Asian currencies slid on Monday as the rapid spread of the coronavirus outside China drove fears of a pandemic and sent investors to the safety of gold, dollars and the Swiss franc.
Italy, South Korea and Iran posted sharp rises in infections over the weekend. South Korea now has more than 760 cases, Italy more than 150 and Iran 43 cases.
The World Health Organization is now worried about the growing number of cases that have no clear link to the epicentre of the outbreak in China.
“The omens are not particularly good today,” said Ray Attrill, head of FX strategy at National Australia Bank in Sydney. “The presumption was that we would see intermediate supply chains quickly reconnected and I think the market’s had to go through a period of questioning that logic.”
The Chinese, Australian and New Zealand currencies were on the back foot and emerging market currencies were pounded.
The Aussie carved a fresh 11-year low in early trade and the kiwi shed half a percent, before slightly recovering – along with the yuan – with news of four Chinese provinces lowering emergency restrictions.
That easing provided little support elsewhere, however, with the Korean won plunging nearly 1% to a six-month low. Indonesia’s rupiah, so far shielded by its relative independence from Chinese trade, tracked the broader selloff in emerging markets, dropping 1%.
Political turmoil in Malaysia added pressure to the ringgit and sent it 0.7% lower to its weakest since September.
Yet risk aversion, which also saw stocks tumble and gold and bonds rise, offered surprisingly little support to the yen.
After partially recovering last week’s drop on Friday, it traded flat at 111.55 per dollar as Asian investors discount its safety value owing to Japan’s virus exposure.
“The market reaction to the coronavirus appears to be evolving, beginning to differentiate the currencies vulnerable to the virus from the rest,” Barclays analysts said in a note.
“U.S. dollar assets provide relative attractiveness,” they wrote. “In fact, our economists forecast no impact on U.S. growth from Covid-19, with relatively few domestic incidents and a low dependency on China’s economy.”

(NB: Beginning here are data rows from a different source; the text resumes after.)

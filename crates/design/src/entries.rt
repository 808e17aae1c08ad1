// The table of suprema: an entry for each pair of a plot and a treatment member.
ghost use Rattle.std.specs.Prelude.{◌≡◌, List, ℕ, Option, Some, None, ◌<◌, get_or, set};
ghost use Rattle.rules.specs.Limits.{most_members};
ghost use Rattle.design.specs.Crossing.{places_in};

use crate::closing::PAIRS;
use std::marker::Model;

// The places of the suprema that are known. In memory an entry is one more than the place, and 0 where there is none, so that all entries
// are cleared at once.
#[derive(Drop)]
pub struct Entries {
    pub bytes: [u8; PAIRS],
}

impl Model for Entries {
    ghost Value = { List (Option ℕ) };

    ghost view = { λ e. places_in e.bytes };
}

impl Entries {
    // The place in the entry at `at`.
    pub fn get(&self, at: usize) -> Option<u8>
        requires { at < 1024 }
        ensures { result ≡ get_or self.now at None }
    {
        self.bytes[at].checked_sub(1)
    }

    // Writes a place, or none, in the entry at `at`.
    pub fn put(&mut self, at: usize, place: Option<u8>)
        requires { (at < 1024) × ((q : ℕ) → place ≡ Some q → q < most_members) }
        ensures { self.new ≡ set self.old at place }
    {
        self.bytes[at] = match place {
            Some(q) => q + 1,
            None => 0,
        };
    }
}
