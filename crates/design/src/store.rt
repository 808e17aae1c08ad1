// A family as it grows: members in the order of their discovery, 240 bytes apart, with their numbers of classes.
ghost use Rattle.std.specs.Prelude.{◌≡◌, ◌+◌, ◌*◌, ◌≤◌, ◌<◌, length, MatchOption};
ghost use Rattle.std.proofs.Math.Seq.{paste};
ghost use Rattle.rules.specs.Limits.{most_plots, most_members};
ghost use Rattle.rules.specs.Factor.{classes};
ghost use Rattle.rules.specs.Family.{members_of};
ghost use Rattle.design.specs.State.{Held, FirstAt, PlacedMember, NoRoom, grown_to};

use families::member;
use limits::{MEMBERS, PLOTS};

// The place, from 0, of the first member equal to `column`, which has `count` classes.
pub fn find(
    store: &[u8],
    counts: &[u8; MEMBERS],
    size: usize,
    column: &[u8],
    count: u8,
) -> Option<usize>
    requires { Held (length column.now) store.now counts.now size × (count ≡ classes column.now) }
    ensures { FirstAt (members_of (length column.now) store.now size) size column.now result }
{
    for (i, &known) in counts[..size].iter().enumerate() {
        if known == count && factor::alike(member(store, i, column.len()), column) {
            return Some(i);
        }
    }
    None
}

// Copies a column to the place of member `i`.
pub fn put(store: &mut [u8], i: usize, column: &[u8])
    requires { (length column.now ≤ most_plots) × (most_plots * i + most_plots ≤ length store.old) }
    ensures { store.new ≡ paste store.old (most_plots * i) column.now (length column.now) }
{
    let at = PLOTS * i;
    // (The library's `copy_from_slice` would need `memmove` from outside where the archive is linked; so would its `copy_within`.)
    for (u, &x) in column.iter().enumerate() {
        store[at + u] = x;
    }
}

// The place of a column, which is added at the end where it is new: there is room.
pub fn place(
    store: &mut [u8],
    counts: &mut [u8; MEMBERS],
    size: usize,
    column: &[u8],
    count: u8,
) -> usize
    requires { Held (length column.now) store.old counts.old size × (count ≡ classes column.now) × (size < most_members) }
    ensures { PlacedMember (length column.now) (members_of (length column.now) store.old size) column.now result store.new counts.new }
{
    if let Some(i) = find(store, counts, size, column, count) {
        return i;
    }
    put(store, size, column);
    counts[size] = count;
    size
}

// The place of a column, which is added at the end where it is new; none where it is new and there is no room.
pub fn try_place(
    store: &mut [u8],
    counts: &mut [u8; MEMBERS],
    size: usize,
    column: &[u8],
    count: u8,
) -> Option<usize>
    requires { Held (length column.now) store.old counts.old size × (count ≡ classes column.now) }
    ensures { MatchOption result (NoRoom (length column.now) (members_of (length column.now) store.old size) column.now store.new counts.new) (λ r. PlacedMember (length column.now) (members_of (length column.now) store.old size) column.now r store.new counts.new) }
{
    if size < MEMBERS {
        return Some(place(store, counts, size, column, count));
    }
    find(store, counts, size, column, count)
}

// The size once a column has been placed.
pub fn grown(size: usize, place: usize) -> usize
    requires { size ≤ most_members }
    ensures { result ≡ grown_to size place }
{
    if place == size {
        return size + 1;
    }
    size
}
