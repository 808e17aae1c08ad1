// The infima of columns that a family starts from, and the first treatment family. (The final one: crossing.rt.)
ghost use Rattle.std.specs.Prelude.{◌≡◌, MatchOption, false, List, ◌++◌, ◌⊎◌, ◌+◌, ◌*◌, ◌≤◌, ◌<◌, length};
ghost use Rattle.std.proofs.Math.Seq.{paste};
ghost use Rattle.rules.specs.Limits.{most_plots, table_cells, family_bytes};
ghost use Rattle.rules.specs.Factor.{Column, number, infimum};
ghost use Rattle.rules.specs.Family.{◌∈◌, columns_from, members_of};
ghost use Rattle.rules.specs.Closing.{treatment_generators};
ghost use Rattle.design.specs.State.{column_at, Held, PlacedMember, NoRoom, Begun};
ghost use Rattle.design.specs.Judging.{Listing};
ghost use Rattle.design.specs.Treatments.{extended, Room, Infima, AllPlaced, with_choice};

use crate::closed::{ClosedFamily, close_family};
use crate::closing::PAIRS;
use crate::replicates::{few_combinations, first_points, meet_levels};
use crate::store::{grown, put, try_place};
use factor::largest;
use families::member;
use limits::{COLUMNS, Level, MEMBERS, PLOTS};

// The choices of at most 6 columns, the empty one among them.
const CHOICES: usize = 64;

// Bytes for an infimum of each choice.
const INFIMA: usize = 15360;

// Fewer columns than these, which most sheets have, make at most 8 choices.
const FEW_COLUMNS: usize = 4;

// Bytes for an infimum of each of these.
const FEW_INFIMA: usize = 1920;

// Writes the infimum of `column` with infimum `e` at place `total`.
fn add_infimum(infima: &mut [u8], total: usize, column: &[u8], e: usize)
    requires { (1 ≤ length column.now) × (length column.now ≤ most_plots) × (most_plots * total + most_plots ≤ length infima.old) × (most_plots * e + most_plots ≤ length infima.old) × (total < 64) × (e < 64) }
    ensures { infima.new ≡ paste infima.old (most_plots * total) (infimum column.now (column_at (length column.now) infima.old e)) (length column.now) }
{
    let n = column.len();
    let at = PLOTS * e;
    let end = at + n;
    let mut made = [0u8; PLOTS];
    standing::infimum(column, &infima[at..end], &mut made);
    put(infima, total, &made[..n]);
}

// Writes the infimum of `column` with infimum `e`, which is of `taken` columns, at place `total`: with that of none it is the column.
fn add_choice(infima: &mut [u8], total: usize, column: &[u8], e: usize, taken: u8)
    requires { (1 ≤ length column.now) × (length column.now ≤ most_plots) × (most_plots * total + most_plots ≤ length infima.old) × (most_plots * e + most_plots ≤ length infima.old) × (total < 64) × (e < 64) }
    ensures { infima.new ≡ paste infima.old (most_plots * total) (with_choice taken column.now (column_at (length column.now) infima.old e)) (length column.now) }
{
    if taken == 0 {
        put(infima, total, column);
        return;
    }
    add_infimum(infima, total, column, e);
}

// Adds the infima of `column` with each of the first `total` that is of fewer than `k` columns; answers how many there are then.
fn extend(
    infima: &mut [u8],
    lengths: &mut [u8; CHOICES],
    total: usize,
    column: &[u8],
    k: usize,
) -> usize
    requires { Room (length column.now) lengths.old × (2 * total ≤ 64) × (k ≤ 6) × (480 * total ≤ length infima.old) }
    ensures kept { Room (length column.now) lengths.new × (result ≤ 2 * total) }
    ensures extends { (T : Column) (Cs : List (List Column)) → number T ≡ column.now → Infima (length column.now) infima.old lengths.old total Cs → Infima (length column.now) infima.new lengths.new result (extended k T Cs) }
{
    let mut now = total;
    for e in 0..total {
        let length = lengths[e];
        if (length as usize) < k {
            add_choice(infima, now, column, e, length);
            lengths[now] = length + 1;
            now += 1;
        }
    }
    now
}

// Extends by column `c` of the level table, numbered.
fn extend_by(
    levels: &[Level],
    c: usize,
    infima: &mut [u8],
    lengths: &mut [u8; CHOICES],
    total: usize,
    n: usize,
    k: usize,
) -> usize
    requires { Room n lengths.old × (2 * total ≤ 64) × (k ≤ 6) × (most_plots * c + most_plots ≤ length levels.now) × (480 * total ≤ length infima.old) }
    ensures kept { Room n lengths.new × (result ≤ 2 * total) }
    ensures extends { (Cs : List (List Column)) → Infima n infima.old lengths.old total Cs → Infima n infima.new lengths.new result (extended k (column_at n levels.now c) Cs) }
{
    let mut column = [0u8; PLOTS];
    levels::column_numbers(levels, c, n, &mut column);
    extend(infima, lengths, total, &column[..n], k)
}

// Writes U and all infima of 1 to `k` different columns of the `d` from `first` on; answers how many they are.
fn fill_infima(
    levels: &[Level],
    n: usize,
    first: usize,
    d: usize,
    k: usize,
    infima: &mut [u8],
) -> usize
    requires { (1 ≤ n) × (n ≤ most_plots) × (d ≤ 6) × (1 ≤ k) × (k ≤ 6) × (first ≤ 6) × (table_cells ≤ length levels.now) × (((d ≤ 3) × (1920 ≤ length infima.old)) ⊎ (15360 ≤ length infima.old)) }
    ensures few { (result ≤ 64) × (most_plots * result ≤ length infima.new) }
    ensures columns { members_of n infima.new result ≡ treatment_generators n k (columns_from n levels.now first d) }
{
    let ones = [1u8; PLOTS];
    put(infima, 0, &ones[..n]);
    let mut lengths = [0u8; CHOICES];
    let mut total = 1;
    for c in (0..d).rev() {
        total = extend_by(levels, first + c, infima, &mut lengths, total, n, k);
    }
    total
}

// Places the column at place `e` of `infima`.
fn place_one(
    infima: &[u8],
    e: usize,
    n: usize,
    store: &mut [u8],
    counts: &mut [u8; MEMBERS],
    size: usize,
) -> Option<usize>
    requires { Held n store.old counts.old size × (most_plots * e + most_plots ≤ length infima.now) × (e < 64) × (number (column_at n infima.now e) ≡ column_at n infima.now e) }
    ensures { MatchOption result (NoRoom n (members_of n store.old size) (column_at n infima.now e) store.new counts.new) (λ r. PlacedMember n (members_of n store.old size) (column_at n infima.now e) r store.new counts.new) }
{
    let column = member(infima, e, n);
    let k = largest(column);
    try_place(store, counts, size, column, k)
}

// Places the first `total` columns beside the `size` members of a store; answers how many members there are then, unless too many. The last is
// placed first: infima of more columns, which are finer, come before those of fewer, so that closing can tell more suprema from others.
fn place_all(
    infima: &[u8],
    total: usize,
    n: usize,
    store: &mut [u8],
    counts: &mut [u8; MEMBERS],
    size: usize,
) -> Option<usize>
    requires { Begun n (members_of n store.old size) store.old counts.old size × (most_plots * total ≤ length infima.now) × (total ≤ 64) × ((F : Column) → F ∈ members_of n infima.now total → number F ≡ F) }
    ensures { AllPlaced n (members_of n infima.now total ++ members_of n store.old size) store.new counts.new result }
{
    let mut now = size;
    for e in (0..total).rev() {
        let p = place_one(infima, e, n, store, counts, now)?;
        now = grown(now, p);
    }
    Some(now)
}

// Places U and all infima of 1 to `k` different columns of the `d` from `first` on beside the members of a store, with so many bytes for
// the infima; answers how many members there are then, unless they are too many.
fn place_infima<const BYTES: usize>(
    levels: &[Level],
    n: usize,
    first: usize,
    d: usize,
    k: usize,
    store: &mut [u8],
    counts: &mut [u8; MEMBERS],
    size: usize,
) -> Option<usize>
    requires { (d ≤ 6) × (1 ≤ k) × (k ≤ 6) × (first ≤ 6) × (table_cells ≤ length levels.now) × (((d ≤ 3) × (1920 ≤ BYTES)) ⊎ (15360 ≤ BYTES)) × (BYTES ≤ 15360) × Begun n (members_of n store.old size) store.old counts.old size }
    ensures { AllPlaced n (treatment_generators n k (columns_from n levels.now first d) ++ members_of n store.old size) store.new counts.new result }
{
    let mut infima = [0u8; BYTES];
    let total = fill_infima(levels, n, first, d, k, &mut infima);
    place_all(&infima, total, n, store, counts, size)
}

// The same, with bytes as they are needed.
pub fn place_choices(
    levels: &[Level],
    n: usize,
    first: usize,
    d: usize,
    k: usize,
    store: &mut [u8],
    counts: &mut [u8; MEMBERS],
    size: usize,
) -> Option<usize>
    requires { (d ≤ 6) × (1 ≤ k) × (k ≤ 6) × (first ≤ 6) × (table_cells ≤ length levels.now) × Begun n (members_of n store.old size) store.old counts.old size }
    ensures { AllPlaced n (treatment_generators n k (columns_from n levels.now first d) ++ members_of n store.old size) store.new counts.new result }
{
    if d < FEW_COLUMNS {
        return place_infima::<FEW_INFIMA>(levels, n, first, d, k, store, counts, size);
    }
    place_infima::<INFIMA>(levels, n, first, d, k, store, counts, size)
}

// Closes the first treatment family on all plots.
fn first_whole(
    levels: &[Level],
    n: usize,
    d: usize,
    k: usize,
    store: &mut [u8],
    marks: &mut [u8; PAIRS],
    family: &mut [u8],
) -> Option<ClosedFamily>
    requires { (1 ≤ n) × (n ≤ most_plots) × (d ≤ 6) × (1 ≤ k) × (k ≤ 6) × (table_cells ≤ length levels.now) × (family_bytes ≤ length family.old) × (length store.old ≡ family_bytes) × (length marks.old ≡ 1024) }
    ensures { Listing n false (treatment_generators n k (columns_from n levels.now 6 d)) family.old family.new marks.new result }
{
    let mut counts = [0u8; MEMBERS];
    let start = place_choices(levels, n, COLUMNS, d, k, store, &mut counts, 0)?;
    close_family(store, &mut counts, marks, start, 0, n, false, family)
}

// Closes the first treatment family and writes it in its order, where it is not too large.
pub fn first_family(
    levels: &[Level],
    n: usize,
    d: usize,
    k: usize,
    store: &mut [u8],
    marks: &mut [u8; PAIRS],
    family: &mut [u8],
) -> Option<ClosedFamily>
    requires { (1 ≤ n) × (n ≤ most_plots) × (d ≤ 6) × (1 ≤ k) × (k ≤ 6) × (table_cells ≤ length levels.now) × (family_bytes ≤ length family.old) × (length store.old ≡ family_bytes) × (length marks.old ≡ 1024) }
    ensures { Listing n false (treatment_generators n k (columns_from n levels.now 6 d)) family.old family.new marks.new result }
{
    if !few_combinations(levels, n, d) {
        return first_whole(levels, n, d, k, store, marks, family);
    }
    let mut points = [1u8; PLOTS];
    let m = meet_levels(levels, n, d, &mut points);
    if !factor::uniform(&points[..n]) {
        return first_whole(levels, n, d, k, store, marks, family);
    }
    first_points(levels, n, d, k, &points, m, store, marks, family)
}
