// Question 13 and the suprema that make the final treatment family: each pair of a plot and a treatment member, the finest first, since
// much follows from the suprema of finer members.
ghost use Rattle.std.specs.Prelude.{◌≡◌, true, false, List, [], ◌∷◌, ◌++◌, ℕ, Option, Some, None, Result, Ok, Err, ◌≤◌, ◌<◌, length, IfSome, IsNone};
ghost use Rattle.rules.specs.Limits.{most_plots, most_members};
ghost use Rattle.rules.specs.Factor.{Column, number, classes};
ghost use Rattle.rules.specs.Closing.{only_supremum, products_of, products};
ghost use Rattle.design.specs.Search.{cross_first, cross_second, first_of, second_of};
ghost use Rattle.design.specs.Treatments.{Numbered};
ghost use Rattle.design.specs.Crossing.{Growing, Grown, Stands, Adds, Joins};
ghost use Rattle.design.specs.Sides.{Crossing, Placed, test_of, plot_of, supremum_of, plot_members, treatment_members};
ghost use Rattle.design.specs.Crossed.{Crosses};

use crate::apart::first_crossed;
use crate::closing::PAIRS;
use crate::entries::Entries;
use crate::following::following;
use crate::nesting::{Sides, known_finer, members_of};
use crate::questions::Places;
use crate::store::{find, grown, place};
use families::member;
use limits::{FAMILY, MEMBERS, PLOTS};

// The different suprema found so far, 240 bytes apart, with their numbers of classes; and whether there was one more than there is room for.
#[derive(Drop)]
pub struct Suprema {
    pub bytes: [u8; FAMILY],
    pub counts: [u8; MEMBERS],
    pub size: usize,
    pub over: bool,
}

// Why plot and treatment members make no final treatment family: the first pair that is not orthogonal, or too many suprema.
#[derive(Clone, Copy)]
pub enum Crossed {
    Apart(Places),
    TooMany,
}

impl Suprema {
    // Adds a column where it is new; answers its place, if there is room for it.
    fn add(&mut self, column: &[u8], count: u8) -> Option<u8>
        requires { Growing (length column.now) self.old.bytes self.old.counts self.old.size self.old.over × (count ≡ classes column.now) × (number column.now ≡ column.now) }
        ensures growing { Growing (length column.now) self.new.bytes self.new.counts self.new.size self.new.over }
        ensures grown { Grown (length column.now) self.old.bytes self.old.size self.new.bytes self.new.size }
        ensures stands { Stands (length column.now) column.now self.new.bytes self.new.size result }
        ensures adds { Adds (length column.now) self.old.bytes self.old.counts self.old.size self.old.over column.now self.new.bytes self.new.counts self.new.size self.new.over }
    {
        if self.size < MEMBERS {
            let p = place(&mut self.bytes, &mut self.counts, self.size, column, count);
            self.size = grown(self.size, p);
            return Some(p as u8);
        }
        let Some(p) = find(&self.bytes, &self.counts, MEMBERS, column, count) else {
            self.over = true;
            return None;
        };
        Some(p as u8)
    }
}

// Plot member `i` with treatment member `j`, by a walk over their plots. Answers whether they are orthogonal.
fn walk_pair(sides: &Sides, i: usize, j: usize, found: &mut Suprema, joins: &mut Entries) -> bool
    requires { (i < sides.now.plot.size) × (j < sides.now.treatment.size) × Crossing sides.now found.old joins.old }
    ensures test { result ≡ test_of sides.now i j }
    ensures kept { Crossing sides.now found.new joins.new }
    ensures places { result ≡ true → (As : List Column) → Placed sides.now As found.old → Placed sides.now (As ++ supremum_of sides.now i j ∷ []) found.new }
{
    let n = sides.plot.plots;
    let f = member(sides.plot.bytes, i, n);
    let g = member(sides.treatment.bytes, j, n);
    let mut column = [0u8; PLOTS];
    let crossing = standing::crossing_of(f, g, &mut column);
    if crossing.orthogonal {
        joins.put(
            MEMBERS * i + j,
            found.add(&column[..n], crossing.supremum as u8),
        );
    }
    crossing.orthogonal
}

// Plot member `i` with treatment member `j`: by what follows from finer members, or by a walk.
fn join_pair(sides: &Sides, i: usize, j: usize, found: &mut Suprema, joins: &mut Entries) -> bool
    requires { (i < sides.now.plot.size) × (j < sides.now.treatment.size) × Crossing sides.now found.old joins.old }
    ensures test { result ≡ test_of sides.now i j }
    ensures kept { Crossing sides.now found.new joins.new }
    ensures places { result ≡ true → (As : List Column) → Placed sides.now As found.old → Placed sides.now (As ++ supremum_of sides.now i j ∷ []) found.new }
{
    let Some(place) = following(sides, i, j, found, joins) else {
        return walk_pair(sides, i, j, found, joins);
    };
    joins.put(MEMBERS * i + j, Some(place));
    true
}

// Plot member `i` with treatment member `j`: of two that are nested the supremum is the coarser one, and they are orthogonal.
fn cross_pair(sides: &Sides, i: usize, j: usize, found: &mut Suprema, joins: &mut Entries) -> bool
    requires { (i < sides.now.plot.size) × (j < sides.now.treatment.size) × Crossing sides.now found.old joins.old }
    ensures test { result ≡ test_of sides.now i j }
    ensures kept { Crossing sides.now found.new joins.new }
    ensures places { result ≡ true → (As : List Column) → Placed sides.now As found.old → Placed sides.now (As ++ supremum_of sides.now i j ∷ []) found.new }
{
    let n = sides.plot.plots;
    let f = sides.plot.counts[i];
    let g = sides.treatment.counts[j];
    if known_finer(n, f, g) {
        joins.put(
            MEMBERS * i + j,
            found.add(member(sides.treatment.bytes, j, n), g),
        );
        return true;
    }
    if known_finer(n, g, f) {
        joins.put(
            MEMBERS * i + j,
            found.add(member(sides.plot.bytes, i, n), f),
        );
        return true;
    }
    join_pair(sides, i, j, found, joins)
}

// Plot member `i` with each treatment member, from the last on: the first of these that it is not orthogonal to.
fn cross_row(sides: &Sides, i: usize, found: &mut Suprema, joins: &mut Entries) -> Option<usize>
    requires { (i < sides.now.plot.size) × Crossing sides.now found.old joins.old }
    ensures all { result ≡ None → (j : ℕ) → j < sides.now.treatment.size → test_of sides.now i j ≡ true }
    ensures apart { IfSome result (λ j. (j < sides.now.treatment.size) × (test_of sides.now i j ≡ false)) }
    ensures kept { Crossing sides.now found.new joins.new }
    ensures places { result ≡ None → (As : List Column) → Placed sides.now As found.old → Placed sides.now (As ++ products_of only_supremum (plot_of sides.now i) (treatment_members sides.now)) found.new }
{
    for j in (0..sides.treatment.size).rev() {
        if !cross_pair(sides, i, j, found, joins) {
            return Some(j);
        }
    }
    None
}

// Each plot member with each treatment member, from the last ones on: the first of these pairs that is not orthogonal.
fn cross_all(sides: &Sides, found: &mut Suprema, joins: &mut Entries) -> Option<(usize, usize)>
    requires { Crossing sides.now found.old joins.old × Placed sides.now [] found.old }
    ensures all { result ≡ None → (i j : ℕ) → i < sides.now.plot.size → j < sides.now.treatment.size → test_of sides.now i j ≡ true }
    ensures apart { IfSome result (λ pair. (pair.0 < sides.now.plot.size) × (pair.1 < sides.now.treatment.size) × (test_of sides.now pair.0 pair.1 ≡ false)) }
    ensures kept { Crossing sides.now found.new joins.new }
    ensures places { result ≡ None → Placed sides.now (products only_supremum (plot_members sides.now) (treatment_members sides.now)) found.new }
{
    for i in (0..sides.plot.size).rev() {
        if let Some(j) = cross_row(sides, i, found, joins) {
            return Some((i, j));
        }
    }
    None
}

// The first pair of a plot and a treatment member that is not orthogonal, sought from the first on; else the suprema of all are found.
fn cross_members(sides: &Sides, found: &mut Suprema, joins: &mut Entries) -> Option<Places>
    requires { Crossing sides.now found.old joins.old × Placed sides.now [] found.old }
    ensures first { first_of result ≡ cross_first (test_of sides.now) sides.now.plot.size sides.now.treatment.size }
    ensures second { second_of result ≡ cross_second (test_of sides.now) sides.now.treatment.size (first_of result) }
    ensures some { IfSome result (λ pair. pair.first ≡ 0 → ⊥) }
    ensures places { result ≡ None → Placed sides.now (products only_supremum (plot_members sides.now) (treatment_members sides.now)) found.new }
{
    let apart = cross_all(sides, found, joins)?;
    first_crossed(sides, joins, apart)
}

// Each plot member with each treatment member: the different suprema are added to `found`, which has none before.
pub fn cross(
    plot: &[u8],
    plot_size: usize,
    treatment: &[u8],
    treatment_size: usize,
    n: usize,
    found: &mut Suprema,
) -> Result<(), Crossed>
    requires { (1 ≤ n) × (n ≤ most_plots) × Numbered n plot.now plot_size × Numbered n treatment.now treatment_size × (found.old.size ≡ 0) × (found.old.over ≡ false) }
    ensures { Crosses n plot.now plot_size treatment.now treatment_size found.new result }
{
    let sides = Sides {
        plot: members_of(plot, n, plot_size, treatment_size),
        treatment: members_of(treatment, n, treatment_size, plot_size),
    };
    let mut joins = Entries { bytes: [0; PAIRS] };
    match cross_members(&sides, found, &mut joins) {
        Some(places) => Err(Crossed::Apart(places)),
        None if found.over => Err(Crossed::TooMany),
        None => Ok(()),
    }
}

Against a basket of currencies, the dollar crept back toward an almost three-year peak touched last week, before soft economic data knocked it from its perch on Friday.
It was firmer against the euro at $1.0820 and pound at $1.2942, while the Swiss franc soaked up some safe-haven flows too and rose 0.3% even with the dollar’s strength. Against the euro, the franc stands at a four-and-a-half year high.
The coronavirus has killed more than 2,400 people in China, which also accounts for 98% of global diagnoses.
However, the weekend’s spread beyond China appears to have caught authorities off-guard.
Italy has halted the carnival of Venice, shut schools, and sealed off affected towns across its wealthy north, but is struggling to find out how and where the virus’ spread began.
South Korea is on high alert and battling to stem steep rises in infections – all adding to the already massive disruption to the world’s economy.
“From here on, a lot will depend on how fast China can resume production and contain negative implications for supply chains and global economic growth,” said Stephen Innes, Asia Pacific Market Strategist at AxiCorp.